Functional programming languages treat functions as a distinct datatype and permit the storage of values of this type in variables and the passing of values of this kind to functions. Some multi-paradigm programming languages, such as JavaScript, have capabilities for treating functions as data. [15] Most modern type systems go beyond JavaScript's simple "function object" type and have a family of function types separated by argument and return types, such as the type Int -> Bool, which denotes functions accepting an integer and returning a boolean. A function is not a first-class data type in C, but programmers can handle function pointers. Java and C++ initially lacked function values, but C++11 and Java 8 added them.

First-order logic in mathematical logic does not permit the use of quantifiers on function or predicate names, but second-order logic permits.

Type constructors

A type function Object() { [native code] } creates new types from existing ones and can be viewed as an operator that accepts zero or more types as input and returns a type. Type constructors can be created for product types, function types, power types, and list types.

Quantified types

Existentially and universally quantified types are based on predicate logic. Universal quantification is stated as or forall x. f x and is the intersection over all types x of the body f x, i.e., the value is of type f x for each and every x. Existential quantification denoted as or exists x.

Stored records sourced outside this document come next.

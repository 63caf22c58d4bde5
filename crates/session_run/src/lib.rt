//! The top call: from the bytes of a session to the bytes of its replies.
//!
//! What it is for: `run_words` carries out what the words of a call ask for. `run` reads a session, opens a base, runs the
//! session's phases and writes their transcripts; `big` does so with a large session, and writes a summary; `verify` opens a base
//! and tells whether each live object is what its record gives when it is run again. The lanes of a phase run on threads once one
//! of them builds, and so do the units of each build. They take turns at the base, for one step of a build, a read of a script,
//! or up to 64 other commands, so other lanes' rows come between the steps of a build.
//!
//! What it promises: the headline of the product, in `specs/Promises/Headline.antt`, and when each status comes, in
//! `specs/Calls/Causes.antt`. The printed replies are those of one legal history, which holds each command once in its lane's
//! order; where the base that was opened is sound, every clearmake is replied as building from nothing is and its units have
//! their outcomes from nothing. Over any base each object that is reused has a record of just what its unit sees, none that
//! would do is passed over, each scrub lists exactly what is due, every object that a view holds is live, and a stop at any
//! device call finds what was acknowledged. That opens again, to a base that is sound where the opened one was, so that the
//! next call begins on a sound base (`laws`). A disk fault is reported where a call on the disk failed, and nowhere else, unless
//! the sink failed too or memory ran out. All this holds for each form of words, and in whatever order the threads take turns. A
//! check is told to be sound exactly where the base is. It is not promised that threads get on.
//!
//! What it stands on: `base_core` and `story_log` for the history, `object_check` for what a check finds, `large_session` for the
//! session of `big` and for summaries, `clearmake` and `turn_lock` for threads, `build_script` for what a script reads and how
//! its run ends, `disk_model` and `vob_journal` for the disk and what a stop finds there, `legal_history` for what a history
//! means, `view_lookup` for the order of its rows, `session_text` and `reply_text` for the texts, `cc_outside` for the source,
//! the sink and the clock, `arrayvec` and `itoa` for a line without memory, and `cc_names` for plain data.
#![tactic(auto)]

mod carrying;
mod checks;
mod failures;
pub mod laws;
mod lines;
mod phases;
mod run;
mod services;
mod sessions;
mod sites;
mod statuses;
mod threads;
mod transcripts;
mod words;

pub use run::{SessionResult, run_words};
pub use statuses::Status;
pub use words::{Form, form_of};
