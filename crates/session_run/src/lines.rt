//! The line that is written where no base is opened. It is made without memory, so that memory that runs out never hides a cause.

ghost use Rattle.std.specs.Prelude.{◌≡◌, ◌≤◌, length};
ghost use Rattle.story_log.specs.declared.opening.OpenCause.TheVariants as opens;
ghost use Rattle.session_run.specs.declared.sessions.Unstarted.TheVariants as why;
ghost use Rattle.session_run.specs.Calls.Causes.{SinkRests, sink_faults};
ghost use Rattle.session_run.specs.Calls.Statuses.{cause_word};
ghost use Rattle.session_run.specs.Running.Unstarted.{unstarted_status, unstarted_line, WritesUnstarted};

use crate::sessions::Unstarted;
use crate::statuses::Status;
use arrayvec::ArrayString;
use cc_names::refusals::{SessionCause, SessionError};
use cc_outside::{Sink, write_whole};
use itoa::Buffer;
use story_log::OpenCause;

fn cause_word(cause: SessionCause) -> &'static str
    ensures word { result.now ≡ cause_word cause }
    ensures short { length result.now ≤ 14 }
{
    match cause {
        SessionCause::NoPhase => "NoPhase",
        SessionCause::NoLane => "NoLane",
        SessionCause::NoBody => "NoBody",
        SessionCause::TwoLanes => "TwoLanes",
        SessionCause::TooManyLanes => "TooManyLanes",
        SessionCause::UnknownCommand => "UnknownCommand",
        SessionCause::BadWord => "BadWord",
    }
}

/// The status that tells why no session was started.
fn status_of_unstarted(unstarted: Unstarted) -> Status
    ensures { result ≡ unstarted_status unstarted }
{
    match unstarted {
        Unstarted::BadWords => Status::BadWords,
        Unstarted::ReadFault => Status::ReadFault,
        Unstarted::TooLong => Status::TooLong,
        Unstarted::BadSession(error) => Status::BadSession(error),
        Unstarted::Unopened(OpenCause::Damaged(row)) => Status::Damaged(row),
        Unstarted::Unopened(OpenCause::DiskFault) => Status::DiskFault,
        Unstarted::Unopened(OpenCause::NoMemory) => Status::NoMemory,
    }
}

fn text_line(text: &str) -> ArrayString<80>
    requires { length text.now ≤ 80 }
    ensures { result.bytes ≡ text.now }
{
    let mut line = ArrayString::new();
    line.push_str(text);
    line
}

fn error_line(error: SessionError) -> ArrayString<80>
    ensures { result.bytes ≡ unstarted_line (why.BadSession error) }
{
    let mut number = Buffer::new();
    let mut line = ArrayString::new();
    line.push_str("bad session ");
    line.push_str(number.format(error.line));
    line.push_str(" ");
    line.push_str(cause_word(error.cause));
    line.push_str("\n");
    line
}

fn damaged_line(row: u64) -> ArrayString<80>
    ensures { result.bytes ≡ unstarted_line (why.Unopened (opens.Damaged row)) }
{
    let mut number = Buffer::new();
    let mut line = ArrayString::new();
    line.push_str("damaged ");
    line.push_str(number.format(row));
    line.push_str("\n");
    line
}

fn line_of(unstarted: Unstarted) -> ArrayString<80>
    ensures { result.bytes ≡ unstarted_line unstarted }
{
    match unstarted {
        Unstarted::BadWords => text_line("bad words\n"),
        Unstarted::ReadFault => text_line("read fault\n"),
        Unstarted::TooLong => text_line("too long\n"),
        Unstarted::BadSession(error) => error_line(error),
        Unstarted::Unopened(OpenCause::Damaged(row)) => damaged_line(row),
        Unstarted::Unopened(OpenCause::DiskFault) => text_line("disk fault\n"),
        Unstarted::Unopened(OpenCause::NoMemory) => text_line(""),
    }
}

/// Writes the line that says why no session was started, and answers the status. Want of memory has no line. Takes no memory.
#[tactic(auto, using(crate::proofs::Calls::UnstartedStatuses::only_memory, crate::proofs::Calls::UnstartedStatuses::has_line))]
pub(crate) fn write_unstarted<K: Sink>(unstarted: Unstarted, sink: &mut K) -> Status
    ensures writes { WritesUnstarted unstarted result (K.ghost_state sink.old).held
        (K.ghost_state sink.new).held
        (sink_faults (K.ghost_state sink.old) (K.ghost_state sink.new)) }
    ensures rests { SinkRests (K.ghost_state sink.old) (K.ghost_state sink.new) }
{
    if matches!(unstarted, Unstarted::Unopened(OpenCause::NoMemory)) {
        return Status::NoMemory;
    }
    let line = line_of(unstarted);
    match write_whole(sink, line.as_str().as_bytes()) {
        Ok(()) => status_of_unstarted(unstarted),
        Err(_fault) => Status::WriteFault,
    }
}
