//! Whether a command of a phase failed.

ghost use Rattle.std.specs.Prelude.{◌≡◌, ◌≤◌, length};
ghost use Rattle.std.specs.List.{list_any, list_all};
ghost use Rattle.legal_history.specs.Stories.Steps.{state_of};
ghost use Rattle.base_core.specs.Story.Replying.{replies_of};
ghost use Rattle.reply_text.specs.Replies.{is_made_line};
ghost use Rattle.session_run.specs.Story.Rendered.{is_failure, lanes_fail};

use base_core::Core;
use cc_names::replies::{Reply, UnitLine, UnitWord};
use disk_model::Disk;

fn is_line_made(line: &UnitLine) -> bool
    ensures { result ≡ is_made_line line.now }
{
    !matches!(line.word, UnitWord::Failed(_) | UnitWord::Blocked(_))
}

fn are_lines_made(lines: &[UnitLine]) -> bool
    ensures { result ≡ list_all is_made_line lines.now }
{
    lines.iter().all(is_line_made)
}

fn is_failure(reply: &Reply) -> bool
    ensures { result ≡ is_failure reply.now }
{
    match reply {
        Reply::Refused(_) => true,
        Reply::Built(lines) => !are_lines_made(lines.as_slice()),
        _ => false,
    }
}

fn has_failure(replies: &[Reply]) -> bool
    ensures { result ≡ list_any is_failure replies.now }
{
    replies.iter().any(is_failure)
}

/// Whether a command of the last phase failed: it was refused, or a unit of its build is not made. Takes time linear in the
/// replies.
pub(crate) fn any_failed<D: Disk>(core: &Core<D>) -> bool
    requires few { length (state_of core.now.story).phase.lanes ≤ 64 }
    ensures { result
        ≡ lanes_fail 1 (state_of core.now.story).phase.lanes (replies_of core.now.story) }
{
    let lanes = core.lanes() as u32;
    for index in 0..lanes {
        if has_failure(core.replies(index + 1)) {
            return true;
        }
    }
    false
}
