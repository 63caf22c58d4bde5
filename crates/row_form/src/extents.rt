//! Outputs in the file of objects: how a row is spelled whose large outputs have extents, and the row of the base that it gives.
#![tactic(auto, using(std::proofs::lemmas::List::append_assoc))]

ghost use Rattle.std.specs.Prelude.{◌≡◌, ◌<◌, ◌^◌, ◌++◌, length, map, IfOk, OnOk};
ghost use Rattle.std.specs.List.{AllByRecursion};
ghost use Rattle.cc_names.specs.Formed.{IsText};
ghost use Rattle.cc_names.specs.declared.rows.Deed.TheVariants as deeds;
ghost use Rattle.row_form.specs.Fields.{list_bytes, stored_bytes};
ghost use Rattle.row_form.specs.Spelled.{spelling_of};
ghost use Rattle.row_form.specs.Extents.{is_large, stored_first, stored_at, row_at_extents, in_frame, plain_row};

use crate::writing::{put_head, put_here, put_object, put_there, put_word, spell};
use cc_names::copies::Copied;
use cc_names::lists::List;
use cc_names::memory::NoMemory;
use cc_names::names::Name;
use cc_names::paths::Path;
use cc_names::rows::{Deed, Extent, ReadOf, Row, Stored};
use cc_names::texts::Text;
use std::alloc::Global;

/// Whether an output has an extent of its own: 4,096 bytes or more.
pub fn is_large(output: &[u8]) -> bool
    ensures { result ≡ is_large output.now }
{
    4_096 <= output.len()
}

/// The spelling of a row of which each large output has the next of these extents; of the row itself where there are no
/// extents. Takes time and memory linear in what it writes, and copies no output that has an extent.
pub fn spell_at(alloc: Global, row: &Row, extents: &[Extent]) -> Result<Text, NoMemory>
    ensures { IfOk result (λ bytes. bytes ≡ spelling_of (row_at_extents extents.now row.now)) }
{
    if extents.is_empty() {
        return spell(alloc, row);
    }
    match row.deed() {
        Deed::Publish {
            view,
            targets,
            script,
            entries,
            outputs,
        } => {
            let mut out = Vec::new(alloc);
            put_head(&mut out, row)?;
            out.push(23)?;
            put_object(
                &mut out,
                view,
                targets.as_slice(),
                script,
                entries.as_slice(),
            )?;
            put_outputs(&mut out, outputs.as_slice(), extents)?;
            Ok(Text::of(out))
        }
        _ => spell(alloc, row),
    }
}

/// Writes outputs, each large one as the next of these extents.
fn put_outputs(out: &mut Vec<u8>, outputs: &[Text], extents: &[Extent]) -> Result<(), NoMemory>
    requires short { length outputs.now < 2 ^ 32 }
    requires texts { AllByRecursion IsText outputs.now }
    ensures { OnOk result
        (out.new.items
        ≡ out.old.items ++ list_bytes stored_bytes (stored_at outputs.now extents.now)) }
{
    put_word(out, outputs.len() as u32)?;
    let mut left = extents;
    for output in outputs {
        left = put_output(out, output, left)?;
    }
    Ok(())
}

/// Writes an output, and answers the extents that are left for the others.
fn put_output<'a>(
    out: &mut Vec<u8>,
    output: &Text,
    extents: &'a [Extent],
) -> Result<&'a [Extent], NoMemory>
    requires { IsText output.now }
    ensures { IfOk result
        (λ left. (out.new.items
        ≡ out.old.items ++ stored_bytes (stored_first output.now extents.now).0)
        × (left.now ≡ (stored_first output.now extents.now).1)) }
{
    match extents {
        [extent, left @ ..] if is_large(output.as_bytes()) => {
            put_there(out, *extent)?;
            Ok(left)
        }
        _ => {
            put_here(out, output)?;
            Ok(extents)
        }
    }
}

/// The row of the base that a row as a frame spells it gives: each output that has an extent is empty. Takes time and memory
/// linear in the frame of a publish that has extents, and none for any other row.
pub fn plain_row(alloc: Global, row: Row) -> Result<Row, NoMemory>
    ensures { IfOk result (λ plain. plain ≡ plain_row row) }
{
    match row.deed() {
        Deed::PublishAt {
            view,
            targets,
            script,
            entries,
            outputs,
        } => {
            let deed = plain_publish(alloc, view, targets, script, entries, outputs.as_slice())?;
            Ok(Row::of(row.tag(), row.moment(), deed))
        }
        _ => Ok(row),
    }
}

fn plain_publish(
    alloc: Global,
    view: &Name,
    targets: &List<Path>,
    script: &Text,
    entries: &List<ReadOf>,
    outputs: &[Stored],
) -> Result<Deed, NoMemory>
    ensures { IfOk result
        (λ deed. deed
        ≡ deeds.Publish view.now targets.now script.now entries.now (map in_frame outputs.now)) }
{
    Ok(Deed::Publish {
        view: view.copy(alloc)?,
        targets: targets.copy(alloc)?,
        script: script.copy(alloc)?,
        entries: entries.copy(alloc)?,
        outputs: plain_outputs(alloc, outputs)?,
    })
}

fn plain_outputs(alloc: Global, outputs: &[Stored]) -> Result<List<Text>, NoMemory>
    ensures { IfOk result (λ texts. texts ≡ map in_frame outputs.now) }
{
    let mut texts = Vec::new(alloc);
    for output in outputs {
        texts.push(in_frame(alloc, output)?)?;
    }
    Ok(List::of(texts))
}

fn in_frame(alloc: Global, output: &Stored) -> Result<Text, NoMemory>
    ensures { IfOk result (λ text. text ≡ in_frame output.now) }
{
    match output {
        Stored::Here(text) => text.copy(alloc),
        Stored::There(_) => Ok(Text::of(Vec::new(alloc))),
    }
}
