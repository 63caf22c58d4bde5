//! What the form of words carries out: the session that the source gives, the large session or none, or a text of sites.

ghost use Rattle.std.specs.Prelude.{◌≡◌, ◌≤◌, Some, true, IfOk, IfErr, length};
ghost use Rattle.session_run.specs.Calls.Asked.{reads_source, text_limit};
ghost use Rattle.session_run.specs.Calls.Causes.{intake_by, intake_of, TakesNoMore};
ghost use Rattle.session_run.specs.Running.Unstarted.{GivesPhases, GivesText, HasPhases, IsGivenBy, IsNotGivenBy, IsSaid, IsUnsaid, IsUnstarted, IsWithoutBase, of_unread, of_unsaid};
ghost use Rattle.session_run.specs.declared.words.Form.{Form};

use crate::words::{Form, form_of};
use cc_names::memory::{NoMemory, Or};
use cc_names::refusals::SessionError;
use cc_names::texts::Text;
use cc_outside::{Source, Unread, read_whole};
use large_session::make_session;
use session_text::{PhaseText, read};
use std::alloc::Global;
use std::hash::RandomState;
use story_log::OpenCause;

/// The most bytes of a session's text.
const TEXT_LIMIT: usize = 16_777_216;

/// Why a session is not started.
#[derive(Clone, Copy, Debug, PartialEq, Eq)]
pub(crate) enum Unstarted {
    BadWords,
    ReadFault,
    TooLong,
    BadSession(SessionError),
    /// The base cannot be opened, or memory ran out before.
    Unopened(OpenCause),
}

fn of_unread(unread: Or<Unread>) -> Unstarted
    ensures { result ≡ of_unread unread }
{
    match unread {
        Or::Is(Unread::Fault) => Unstarted::ReadFault,
        Or::Is(Unread::TooLong) => Unstarted::TooLong,
        Or::NoMemory => Unstarted::Unopened(OpenCause::NoMemory),
    }
}

fn of_unsaid(error: Or<SessionError>) -> Unstarted
    ensures { result ≡ of_unsaid error }
{
    match error {
        Or::Is(error) => Unstarted::BadSession(error),
        Or::NoMemory => Unstarted::Unopened(OpenCause::NoMemory),
    }
}

/// What the words of a call ask of a base, and the phases of its session.
#[derive(Drop)]
pub(crate) struct GivenSession {
    pub(crate) form: Form,
    pub(crate) phases: Vec<PhaseText>,
}

/// What is done without a base.
#[derive(Drop)]
pub(crate) enum WithoutBase {
    /// No session is started, and a line says why.
    Line(Unstarted),
    /// This text of sites is replied to.
    Replies(Text),
}

/// The text that the source gives to its end.
fn text_read<S: Source>(alloc: Global, source: &mut S) -> Result<Text, Unstarted>
    ensures gives { (form : Form) → reads_source (Some form) ≡ true
        → IfOk result
        (λ text.
        GivesText form
        (intake_by (Some form) (S.ghost_state source.old) (S.ghost_state source.new)) text) }
    ensures why { (form : Form) → reads_source (Some form) ≡ true
        → IfErr result
        (λ unstarted.
        IsUnstarted unstarted
        (intake_by (Some form) (S.ghost_state source.old) (S.ghost_state source.new))) }
    ensures taken { (form : Form) → reads_source (Some form) ≡ true
        → TakesNoMore
        (intake_by (Some form) (S.ghost_state source.old) (S.ghost_state source.new)) }
{
    match read_whole(alloc, source, TEXT_LIMIT) {
        Ok(text) => Ok(text),
        Err(unread) => Err(of_unread(unread)),
    }
}

/// The text that a form carries out. That of a check has no line.
fn text_given<S: Source>(alloc: Global, form: Form, source: &mut S) -> Result<Text, Unstarted>
    requires { IsSaid form }
    ensures gives { IfOk result
        (λ text.
        GivesText form
        (intake_by (Some form) (S.ghost_state source.old) (S.ghost_state source.new)) text) }
    ensures why { IfErr result
        (λ unstarted.
        IsUnstarted unstarted
        (intake_by (Some form) (S.ghost_state source.old) (S.ghost_state source.new))) }
    ensures taken { TakesNoMore
        (intake_by (Some form) (S.ghost_state source.old) (S.ghost_state source.new)) }
{
    match form {
        Form::Run => text_read(alloc, source),
        Form::Big { seed, size } => match make_session(alloc, seed, size) {
            Ok(text) => Ok(text),
            Err(NoMemory) => Err(Unstarted::Unopened(OpenCause::NoMemory)),
        },
        Form::Verify => Ok(Text::of(Vec::new(alloc))),
        Form::Sites => text_read(alloc, source),
    }
}

/// The phases that a text spells.
fn phases_of(alloc: Global, hashing: RandomState, text: Text) -> Result<Vec<PhaseText>, Unstarted>
    requires { length text ≤ text_limit }
    ensures has { IfOk result (λ phases. HasPhases text phases.items) }
    ensures why { IfErr result (λ unstarted. IsUnsaid text unstarted) }
{
    let session = match read(alloc, hashing, text) {
        Ok(session) => session,
        Err(error) => return Err(of_unsaid(error)),
    };
    match session.into_phases().into_vec(alloc) {
        Ok(phases) => Ok(phases),
        Err(NoMemory) => Err(of_unsaid(Or::NoMemory)),
    }
}

/// The session that a form runs with a text.
fn session_of(
    alloc: Global,
    hashing: RandomState,
    form: Form,
    text: Text,
) -> Result<GivenSession, WithoutBase>
    requires { length text ≤ text_limit }
    ensures gives { IfOk result (IsGivenBy form text) }
    ensures why { IfErr result (IsNotGivenBy form text) }
{
    match form {
        Form::Sites => Err(WithoutBase::Replies(text)),
        _ => match phases_of(alloc, hashing, text) {
            Ok(phases) => Ok(GivenSession { form, phases }),
            Err(unstarted) => Err(WithoutBase::Line(unstarted)),
        },
    }
}

/// What the words ask of a base, and the phases of its session, or what is done without one. The source is read for `run` and
/// `sites` alone.
pub(crate) fn session_given<S: Source>(
    alloc: Global,
    hashing: RandomState,
    words: &[Text],
    source: &mut S,
) -> Result<GivenSession, WithoutBase>
    ensures gives { IfOk result
        (λ given.
        GivesPhases
        (intake_of words.now (S.ghost_state source.old) (S.ghost_state source.new)) given.form
        given.phases.items) }
    ensures why { IfErr result
        (λ without.
        IsWithoutBase without
        (intake_of words.now (S.ghost_state source.old) (S.ghost_state source.new))) }
    ensures taken { TakesNoMore
        (intake_of words.now (S.ghost_state source.old) (S.ghost_state source.new)) }
{
    let Some(form) = form_of(words) else {
        return Err(WithoutBase::Line(Unstarted::BadWords));
    };
    match text_given(alloc, form, source) {
        Ok(text) => session_of(alloc, hashing, form, text),
        Err(unstarted) => Err(WithoutBase::Line(unstarted)),
    }
}
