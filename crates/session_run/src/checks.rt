//! The check of a base, and its line. The line is made without memory.

ghost use Rattle.std.specs.Prelude.{◌≡◌, IfOk, IfErr, OnOk};
ghost use Rattle.std.specs.Io.KnownBytes.{Appends};
ghost use Rattle.cc_outside.specs.Feeds.{AppendsPrefix};
ghost use Rattle.session_run.specs.Calls.Causes.{SinkRests};
ghost use Rattle.session_run.specs.Running.Checks.{is_unsound, verdict_line};
ghost use Rattle.session_run.specs.Running.Runs.{CountsWriteFaults, WritesCut};
ghost use Rattle.session_run.specs.Story.Modeled.{tells_failure, text_modeled};
ghost use Rattle.session_run.specs.declared.words.Form.TheVariants as forms;

use arrayvec::ArrayString;
use base_core::Core;
use cc_names::memory::Or;
use cc_outside::{Sink, WriteFault, write_whole};
use disk_model::Disk;
use itoa::Buffer;
use object_check::Verdict;
use std::alloc::Global;

/// Whether a check found an object that is not what its record gives.
fn is_unsound(verdict: Verdict) -> bool
    ensures { result ≡ is_unsound verdict }
{
    matches!(verdict, Verdict::Unsound(_))
}

/// The line that tells what a check found.
fn verdict_line(verdict: Verdict) -> ArrayString<80>
    ensures { result.bytes ≡ verdict_line verdict }
{
    let (word, number) = match verdict {
        Verdict::Sound(count) => ("sound ", count),
        Verdict::Unsound(row) => ("unsound ", row),
    };
    let mut digits = Buffer::new();
    let mut line = ArrayString::new();
    line.push_str(word);
    line.push_str(digits.format(number));
    line.push_str("\n");
    line
}

/// Runs the record of each live object of the base again and writes the line of what is found. Answers whether an object is not
/// what its record gives. Takes what `Core::verify` takes.
pub(crate) fn write_check<K: Sink, D: Disk>(
    alloc: Global,
    core: &Core<D>,
    sink: &mut K,
) -> Result<bool, Or<WriteFault>>
    ensures found { IfOk result (λ failed. tells_failure forms.Verify core.now.story ≡ failed) }
    ensures ok { OnOk result
        (Appends (K.ghost_state sink.old).held (K.ghost_state sink.new).held
        (text_modeled forms.Verify core.now.story)) }
    ensures err { IfErr result
        (λ cut.
        WritesCut cut (K.ghost_state sink.old).held (K.ghost_state sink.new).held
        (text_modeled forms.Verify core.now.story)) }
    ensures fault { CountsWriteFaults result (K.ghost_state sink.old).faults
        (K.ghost_state sink.new).faults }
    ensures rests { SinkRests (K.ghost_state sink.old) (K.ghost_state sink.new) }
{
    let verdict = core.verify(alloc)?;
    match write_whole(sink, verdict_line(verdict).as_str().as_bytes()) {
        Ok(()) => Ok(is_unsound(verdict)),
        Err(fault) => Err(Or::Is(fault)),
    }
}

Existential types must be represented by translating exists a. f a to forall r. (forall a. f a -> r) -> r or a comparable type in Haskell.

Refinement types

A refinement type is a type equipped with a predicate that is assumed to hold for any refined type element. For instance, the notation for natural integers bigger than five is

Dependent types

The definition of a dependent type depends on a value. Dependent functions and dependent pairs are two frequent instances of dependent types. The return type of a dependent function may depend on the value of one of its inputs, not only its type. A dependent pair may contain a second value whose type is dependent on the type of the first item.

Meta types

Certain computer languages display type information as data, allowing for type introspection and reflection. Higher order type systems, on the other hand, although permitting types to be built from other types and supplied as function arguments, often avoid basing computational decisions on them.

Convenience types

High-level languages and databases may provide "real world" data types, such as times, dates, and monetary values, for convenience (currency). These may be implemented as composite types in a library or as built-in types of the language.